Romeo and Juliet: Original text and facing-pages translation into contemporary English - Book Review,
by William Shakespeare, et al

Book Description The world's favorite love story deals with the great universals of love and hate, youth and age, life and death, order and disorder. THE TRAGEDY OF ROMEO AND JULIET has the action, the color, the music, the wit, the splendor, and the heartbreaking pathos of no other Shakespeare play.

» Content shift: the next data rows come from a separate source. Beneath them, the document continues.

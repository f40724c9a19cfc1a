//! The table of inodes of the mount: the kind and the set of each gfid in use.
//!
//! A gfid is in use while an open descriptor names it, or a file operation of a call that has no reply
//! yet. The table has one entry for each gfid in use, with a reference count:
//!
//! ```text
//!   gfid  ->  Inode { kind, set, held }        held = descriptors and operations that name the gfid
//! ```
//!
//! The graph takes a reference with [`InodeTable::link`] for each gfid that a file operation names, when
//! the operation is submitted, and gives it back with [`InodeTable::release`] when the operation is
//! answered. The hub does the same for open descriptors. [`InodeTable::get`] is the look-up.
//!
//! Contracts see the table as a finite map from gfid to [`Inode`]. Each call is one look-up by hash,
//! however many gfids are in use, and only [`InodeTable::link`] allocates.
#![tactic(auto)]

mod inode;
mod table;

pub use inode::Inode;
pub use table::InodeTable;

From the Publisher Are you frustrated by obscure words and unidiomatic phrases in Shakespeare's plays? The new "Access to Shakespeare" series removes the mystery, not the magic, from ROMEO AND JULIET, and makes reading or studying a breeze. This translation of ROMEO AND JULIET into contemporary English -- alongside the original text -- has modernized the difficult passages and expressions which used to make Shakespeare's language such heavy weather. This unique translation is NOT a literal-minded prose version. It retains the feel and the rhythm of the original, letting you experience the play in the same enjoyable way an Elizabethan audience did. The text is immediately clear to today's readers, making those tedious footnotes unnecessary. You'll find easy-to-follow line numbering, and a glossary of place names and mythological references. Are you a high school or junior-college student working on an assignment? Do you wish to preview the play before a performance, or are you perhaps learning English as a Second Language? This translation is ideal for you. You will never again hesitate to read ROMEO AND JULIET because you're mystified by lines such as, "Thou art uproused with some distemperature." The facing page of this edition of ROMEO AND JULIET makes clear what Shakespeare meant, "You are upset about something you want cured." The translation reads like a modern book and it's fascinating.

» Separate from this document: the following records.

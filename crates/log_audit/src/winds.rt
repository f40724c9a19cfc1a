//! Whether the winds of a log are balanced.
ghost use Rattle.std.specs.Prelude.{◌≡◌, true, IfOk, IfSome, IfNone};
ghost use Rattle.mount_log.specs.Winds.{WindsAreOnce, WindsAreBalanced};
ghost use Rattle.log_audit.specs.Agreeing.{Agree};
ghost use Rattle.log_audit.specs.Following.{WindsFollow};

use crate::slots::Slots;
use mount_log::WindLine;
use std::alloc::{AllocError, Global};

// The last wind of each slot, `None` where a line cannot come.
fn slots_after(alloc: Global, lines: &[WindLine]) -> Result<Option<Slots>, AllocError>
    ensures sound { IfOk result (λ o. IfSome o (λ slots. Agree slots lines.now)) }
    ensures follow { IfOk result (λ o. IfSome o (λ _. WindsFollow lines.now)) }
    ensures complete { IfOk result (λ o. IfNone o (WindsAreOnce lines.now → WindsFollow lines.now → ⊥)) }
{
    let mut slots = Slots::new(alloc);
    for line in lines {
        if !slots.take(line)? {
            return Ok(None);
        }
    }
    Ok(Some(slots))
}

/// Whether the winds of a log are balanced: each was opened once and ended once, after its opening and in its graph and call.
/// It is false, too, where a slot's winds do not follow one another with rising turns, as a frame stack's do; where they do, true
/// and false say whether they are balanced.
///
/// # Errors
/// Out of memory.
#[tactic(auto, using(crate::proofs::Balanced::balanced, crate::proofs::Following::all_closed))]
pub fn winds_are_balanced(alloc: Global, lines: &[WindLine]) -> Result<bool, AllocError>
    ensures sound { IfOk result (λ yes. yes ≡ true → WindsAreBalanced lines.now) }
    ensures follow { IfOk result (λ yes. yes ≡ true → WindsFollow lines.now) }
    ensures complete { IfOk result (λ yes. WindsAreBalanced lines.now → WindsFollow lines.now → yes ≡ true) }
{
    match slots_after(alloc, lines)? {
        Some(slots) => Ok(slots.are_closed()),
        None => Ok(false),
    }
}

/// Whether each wind of a log was opened once and ended at most once, after its opening and in its graph and call, as far as
/// the log goes. It is false, too, where a slot's winds do not follow one another with rising turns.
///
/// # Errors
/// Out of memory.
#[tactic(auto, using(crate::proofs::Balanced::once))]
pub fn winds_are_once(alloc: Global, lines: &[WindLine]) -> Result<bool, AllocError>
    ensures sound { IfOk result (λ yes. yes ≡ true → WindsAreOnce lines.now) }
    ensures follow { IfOk result (λ yes. yes ≡ true → WindsFollow lines.now) }
    ensures complete { IfOk result (λ yes. WindsAreOnce lines.now → WindsFollow lines.now → yes ≡ true) }
{
    match slots_after(alloc, lines)? {
        Some(_) => Ok(true),
        None => Ok(false),
    }
}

About the Author Jonnie Patricia Mobley, Ph.D., editor and translator of the "Access to Shakespeare" series, has taught theatre and drama at Cuesta College in San Luis Obispo, California, and has directed the community theater there. Because of her extensive theatrical experience, Dr. Mobley is familiar with the hesitation of modern readers to "tackle" Shakespeare. She recognized a great need to make it easier for students and adults alike to understand obscure words and phrases in ROMEO AND JULIET. This, in turn, gave rise to the creation of the translation into contemporary English. Jonnie Patricia Mobley is also the author of "MANUAL for Romeo and Juliet: Original text and facing-pages translation into contemporary English" (ISBN 1885564031), "Play Production Today" ( ISBN 0844257753), and "The Dictionary of Theatre and Drama Terms" ( ISBN 0844253332).
Excerpted from Romeo and Juliet: Original text and facing-pages translation into contemporary English by Jonnie Patricia Mobley, William Shakespeare. Copyright © 1999. Reprinted by permission. All rights reserved Act One, Scene 1 Original Version BENVOLIO: Alas that love so gentle in his view, Should be to tyrannous and rough in proof! ROMEO: Alas that love, whose view is muffled still, Should without eyes see pathways to his will. Contemporary Translation (on the facing page in the book) BENVOLIO: It's sad that love, so gentle in appearance, Should prove so merciless and cruel in experience. ROMEO: It's sad that love, and blind love still, Should without eyes find ways to force its will.